◆ ASSIGNMENT
For the listing below, output exactly the lines from the line with "pub fn scan_back(&self) -> ScanBack<'_>" up to and including the line with "pub fn count(&self) -> usize", and no other lines.

◆ TASK DATA

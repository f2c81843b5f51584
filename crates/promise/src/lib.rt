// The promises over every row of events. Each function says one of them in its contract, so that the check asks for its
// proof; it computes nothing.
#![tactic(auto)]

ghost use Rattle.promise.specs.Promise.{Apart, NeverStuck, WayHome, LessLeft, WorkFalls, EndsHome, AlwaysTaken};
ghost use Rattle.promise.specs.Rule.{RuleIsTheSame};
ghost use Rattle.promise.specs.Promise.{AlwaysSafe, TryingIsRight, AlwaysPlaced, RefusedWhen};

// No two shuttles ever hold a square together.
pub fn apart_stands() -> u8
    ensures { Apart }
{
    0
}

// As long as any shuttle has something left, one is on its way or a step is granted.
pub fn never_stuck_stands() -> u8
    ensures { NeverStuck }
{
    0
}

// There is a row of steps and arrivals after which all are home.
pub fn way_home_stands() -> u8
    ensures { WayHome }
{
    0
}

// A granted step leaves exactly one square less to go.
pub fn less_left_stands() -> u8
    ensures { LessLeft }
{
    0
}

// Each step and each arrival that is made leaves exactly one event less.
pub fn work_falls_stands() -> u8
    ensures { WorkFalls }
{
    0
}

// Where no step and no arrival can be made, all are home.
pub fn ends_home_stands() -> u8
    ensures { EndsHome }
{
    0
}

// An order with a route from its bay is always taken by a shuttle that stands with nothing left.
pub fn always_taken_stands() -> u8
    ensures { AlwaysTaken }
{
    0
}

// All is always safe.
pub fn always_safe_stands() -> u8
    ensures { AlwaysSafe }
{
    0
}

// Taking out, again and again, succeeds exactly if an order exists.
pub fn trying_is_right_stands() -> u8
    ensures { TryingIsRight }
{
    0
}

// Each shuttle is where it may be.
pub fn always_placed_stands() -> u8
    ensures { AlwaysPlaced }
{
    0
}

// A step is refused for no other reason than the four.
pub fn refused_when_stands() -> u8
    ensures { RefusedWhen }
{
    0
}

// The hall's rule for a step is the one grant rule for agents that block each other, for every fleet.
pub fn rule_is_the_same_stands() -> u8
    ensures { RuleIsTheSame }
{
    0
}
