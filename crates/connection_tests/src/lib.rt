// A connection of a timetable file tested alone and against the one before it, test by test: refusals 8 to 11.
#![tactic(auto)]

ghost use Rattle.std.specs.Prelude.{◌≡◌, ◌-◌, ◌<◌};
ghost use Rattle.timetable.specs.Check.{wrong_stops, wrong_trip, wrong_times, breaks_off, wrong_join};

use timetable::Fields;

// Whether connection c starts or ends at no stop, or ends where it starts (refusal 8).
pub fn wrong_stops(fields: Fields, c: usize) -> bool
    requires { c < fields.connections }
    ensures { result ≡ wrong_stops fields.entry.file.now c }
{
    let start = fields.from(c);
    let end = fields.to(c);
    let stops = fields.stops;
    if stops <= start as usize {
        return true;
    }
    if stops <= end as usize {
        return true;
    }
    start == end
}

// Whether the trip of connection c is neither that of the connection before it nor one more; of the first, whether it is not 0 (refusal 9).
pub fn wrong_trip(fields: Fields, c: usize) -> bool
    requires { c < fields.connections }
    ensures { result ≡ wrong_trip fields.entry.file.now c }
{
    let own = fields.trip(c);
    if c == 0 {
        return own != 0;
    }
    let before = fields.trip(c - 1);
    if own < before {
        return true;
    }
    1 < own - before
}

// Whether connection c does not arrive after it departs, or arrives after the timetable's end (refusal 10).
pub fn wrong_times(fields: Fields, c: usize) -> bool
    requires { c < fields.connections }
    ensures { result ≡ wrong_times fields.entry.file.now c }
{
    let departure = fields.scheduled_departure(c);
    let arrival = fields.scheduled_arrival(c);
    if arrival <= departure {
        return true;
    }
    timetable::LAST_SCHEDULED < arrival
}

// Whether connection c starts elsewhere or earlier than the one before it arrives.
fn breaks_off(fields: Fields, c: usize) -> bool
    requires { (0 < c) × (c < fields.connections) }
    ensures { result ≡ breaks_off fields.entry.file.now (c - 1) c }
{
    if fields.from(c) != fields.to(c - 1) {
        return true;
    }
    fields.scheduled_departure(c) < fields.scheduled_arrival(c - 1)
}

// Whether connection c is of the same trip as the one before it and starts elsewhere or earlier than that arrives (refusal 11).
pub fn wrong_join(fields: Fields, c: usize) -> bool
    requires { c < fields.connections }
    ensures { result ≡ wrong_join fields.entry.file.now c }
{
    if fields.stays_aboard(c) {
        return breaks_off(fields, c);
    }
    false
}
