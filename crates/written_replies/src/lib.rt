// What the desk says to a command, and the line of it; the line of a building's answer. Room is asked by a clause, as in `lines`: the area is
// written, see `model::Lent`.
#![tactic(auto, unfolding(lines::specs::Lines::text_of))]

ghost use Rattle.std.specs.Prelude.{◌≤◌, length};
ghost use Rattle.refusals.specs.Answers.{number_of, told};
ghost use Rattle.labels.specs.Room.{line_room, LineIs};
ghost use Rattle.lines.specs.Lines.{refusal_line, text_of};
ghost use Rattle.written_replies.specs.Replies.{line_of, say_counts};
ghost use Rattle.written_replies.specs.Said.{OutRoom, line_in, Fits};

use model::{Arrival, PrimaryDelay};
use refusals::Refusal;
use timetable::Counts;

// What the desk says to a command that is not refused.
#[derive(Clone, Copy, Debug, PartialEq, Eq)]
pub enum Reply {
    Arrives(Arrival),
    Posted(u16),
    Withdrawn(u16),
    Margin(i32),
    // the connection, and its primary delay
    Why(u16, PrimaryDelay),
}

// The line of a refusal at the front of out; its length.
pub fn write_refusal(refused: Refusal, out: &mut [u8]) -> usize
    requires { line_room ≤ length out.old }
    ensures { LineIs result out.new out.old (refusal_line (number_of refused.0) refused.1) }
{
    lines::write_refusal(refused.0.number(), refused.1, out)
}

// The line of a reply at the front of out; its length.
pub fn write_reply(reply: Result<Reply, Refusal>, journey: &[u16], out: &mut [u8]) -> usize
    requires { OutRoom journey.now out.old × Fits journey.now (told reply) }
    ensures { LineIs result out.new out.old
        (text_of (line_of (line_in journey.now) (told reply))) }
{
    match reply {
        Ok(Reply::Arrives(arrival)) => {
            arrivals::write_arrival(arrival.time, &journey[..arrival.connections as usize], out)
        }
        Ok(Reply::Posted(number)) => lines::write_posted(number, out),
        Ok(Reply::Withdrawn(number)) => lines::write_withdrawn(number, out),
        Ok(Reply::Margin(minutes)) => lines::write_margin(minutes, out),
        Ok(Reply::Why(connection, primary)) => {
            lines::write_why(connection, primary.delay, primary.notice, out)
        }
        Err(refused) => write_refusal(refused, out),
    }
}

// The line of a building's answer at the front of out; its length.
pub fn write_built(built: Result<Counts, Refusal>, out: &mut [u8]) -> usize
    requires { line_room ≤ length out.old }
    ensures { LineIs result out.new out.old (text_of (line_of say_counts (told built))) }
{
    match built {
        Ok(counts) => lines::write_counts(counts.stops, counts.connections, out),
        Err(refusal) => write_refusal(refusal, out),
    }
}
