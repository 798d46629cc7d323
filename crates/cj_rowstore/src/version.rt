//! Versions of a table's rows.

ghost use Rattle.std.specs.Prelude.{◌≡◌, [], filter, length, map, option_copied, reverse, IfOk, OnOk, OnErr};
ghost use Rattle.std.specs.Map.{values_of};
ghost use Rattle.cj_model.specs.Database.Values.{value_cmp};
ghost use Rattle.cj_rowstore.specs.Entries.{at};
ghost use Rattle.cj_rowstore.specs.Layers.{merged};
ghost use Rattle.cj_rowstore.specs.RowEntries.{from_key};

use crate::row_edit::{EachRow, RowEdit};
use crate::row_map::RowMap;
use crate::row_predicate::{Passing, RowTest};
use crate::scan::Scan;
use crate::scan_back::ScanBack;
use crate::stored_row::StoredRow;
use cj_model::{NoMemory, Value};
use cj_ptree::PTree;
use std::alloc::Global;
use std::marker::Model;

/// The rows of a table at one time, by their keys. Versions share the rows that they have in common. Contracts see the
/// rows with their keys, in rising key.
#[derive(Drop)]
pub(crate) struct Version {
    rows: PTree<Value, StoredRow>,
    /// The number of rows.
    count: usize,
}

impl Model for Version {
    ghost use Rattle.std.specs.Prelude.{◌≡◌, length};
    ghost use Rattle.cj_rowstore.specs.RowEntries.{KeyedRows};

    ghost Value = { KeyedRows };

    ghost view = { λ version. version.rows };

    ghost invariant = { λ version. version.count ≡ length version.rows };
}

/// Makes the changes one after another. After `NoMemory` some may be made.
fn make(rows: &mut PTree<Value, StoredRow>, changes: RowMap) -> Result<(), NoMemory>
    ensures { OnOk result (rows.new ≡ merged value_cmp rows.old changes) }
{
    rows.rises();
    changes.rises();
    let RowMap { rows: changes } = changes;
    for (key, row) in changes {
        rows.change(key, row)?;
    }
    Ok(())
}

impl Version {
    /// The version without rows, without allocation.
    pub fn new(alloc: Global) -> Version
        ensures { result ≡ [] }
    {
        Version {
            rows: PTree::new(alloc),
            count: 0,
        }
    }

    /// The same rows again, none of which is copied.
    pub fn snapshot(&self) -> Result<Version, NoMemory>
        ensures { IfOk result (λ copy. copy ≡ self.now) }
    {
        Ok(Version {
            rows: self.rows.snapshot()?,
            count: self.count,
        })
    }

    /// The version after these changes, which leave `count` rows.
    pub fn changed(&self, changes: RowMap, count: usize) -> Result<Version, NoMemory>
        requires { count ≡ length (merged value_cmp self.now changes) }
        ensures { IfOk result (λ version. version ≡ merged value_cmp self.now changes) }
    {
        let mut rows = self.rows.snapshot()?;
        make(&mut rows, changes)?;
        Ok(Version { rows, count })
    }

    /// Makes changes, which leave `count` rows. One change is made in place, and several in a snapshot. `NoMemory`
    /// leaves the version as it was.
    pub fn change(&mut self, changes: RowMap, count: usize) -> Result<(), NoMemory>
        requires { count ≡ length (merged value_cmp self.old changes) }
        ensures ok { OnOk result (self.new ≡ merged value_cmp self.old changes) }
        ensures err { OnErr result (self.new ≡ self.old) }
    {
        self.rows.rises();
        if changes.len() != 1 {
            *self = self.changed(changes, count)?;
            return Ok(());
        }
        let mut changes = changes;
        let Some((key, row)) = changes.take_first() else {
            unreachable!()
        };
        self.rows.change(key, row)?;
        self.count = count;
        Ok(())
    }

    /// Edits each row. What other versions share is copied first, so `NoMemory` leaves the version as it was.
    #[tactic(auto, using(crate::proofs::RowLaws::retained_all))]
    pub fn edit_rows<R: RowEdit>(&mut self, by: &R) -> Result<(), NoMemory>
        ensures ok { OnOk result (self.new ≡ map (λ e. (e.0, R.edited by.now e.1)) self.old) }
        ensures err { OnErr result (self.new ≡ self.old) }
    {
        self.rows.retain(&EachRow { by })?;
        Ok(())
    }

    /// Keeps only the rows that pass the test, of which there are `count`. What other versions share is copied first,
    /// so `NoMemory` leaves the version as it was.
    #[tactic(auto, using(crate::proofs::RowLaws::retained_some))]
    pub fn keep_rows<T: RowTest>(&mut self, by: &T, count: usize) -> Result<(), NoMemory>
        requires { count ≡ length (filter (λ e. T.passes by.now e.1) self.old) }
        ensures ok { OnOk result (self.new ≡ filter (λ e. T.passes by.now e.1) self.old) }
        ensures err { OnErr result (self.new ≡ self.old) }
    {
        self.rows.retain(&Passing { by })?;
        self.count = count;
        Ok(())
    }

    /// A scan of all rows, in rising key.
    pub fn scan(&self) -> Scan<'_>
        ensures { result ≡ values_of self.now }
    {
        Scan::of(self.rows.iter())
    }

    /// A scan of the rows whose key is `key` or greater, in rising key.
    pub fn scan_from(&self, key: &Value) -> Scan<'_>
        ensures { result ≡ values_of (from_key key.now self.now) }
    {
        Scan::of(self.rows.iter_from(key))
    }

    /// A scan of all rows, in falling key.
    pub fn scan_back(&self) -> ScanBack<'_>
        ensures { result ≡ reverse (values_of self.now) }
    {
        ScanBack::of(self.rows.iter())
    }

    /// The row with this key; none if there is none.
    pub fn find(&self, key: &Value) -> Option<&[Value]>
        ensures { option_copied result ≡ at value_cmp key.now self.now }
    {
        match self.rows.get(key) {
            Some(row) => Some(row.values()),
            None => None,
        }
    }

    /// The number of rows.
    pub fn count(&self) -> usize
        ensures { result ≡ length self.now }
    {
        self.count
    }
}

◆ TASK ANSWER
    pub fn scan_back(&self) -> ScanBack<'_>
        ensures { result ≡ reverse (values_of self.now) }
    {
        ScanBack::of(self.rows.iter())
    }

    /// The row with this key; none if there is none.
    pub fn find(&self, key: &Value) -> Option<&[Value]>
        ensures { option_copied result ≡ at value_cmp key.now self.now }
    {
        match self.rows.get(key) {
            Some(row) => Some(row.values()),
            None => None,
        }
    }

    /// The number of rows.
    pub fn count(&self) -> usize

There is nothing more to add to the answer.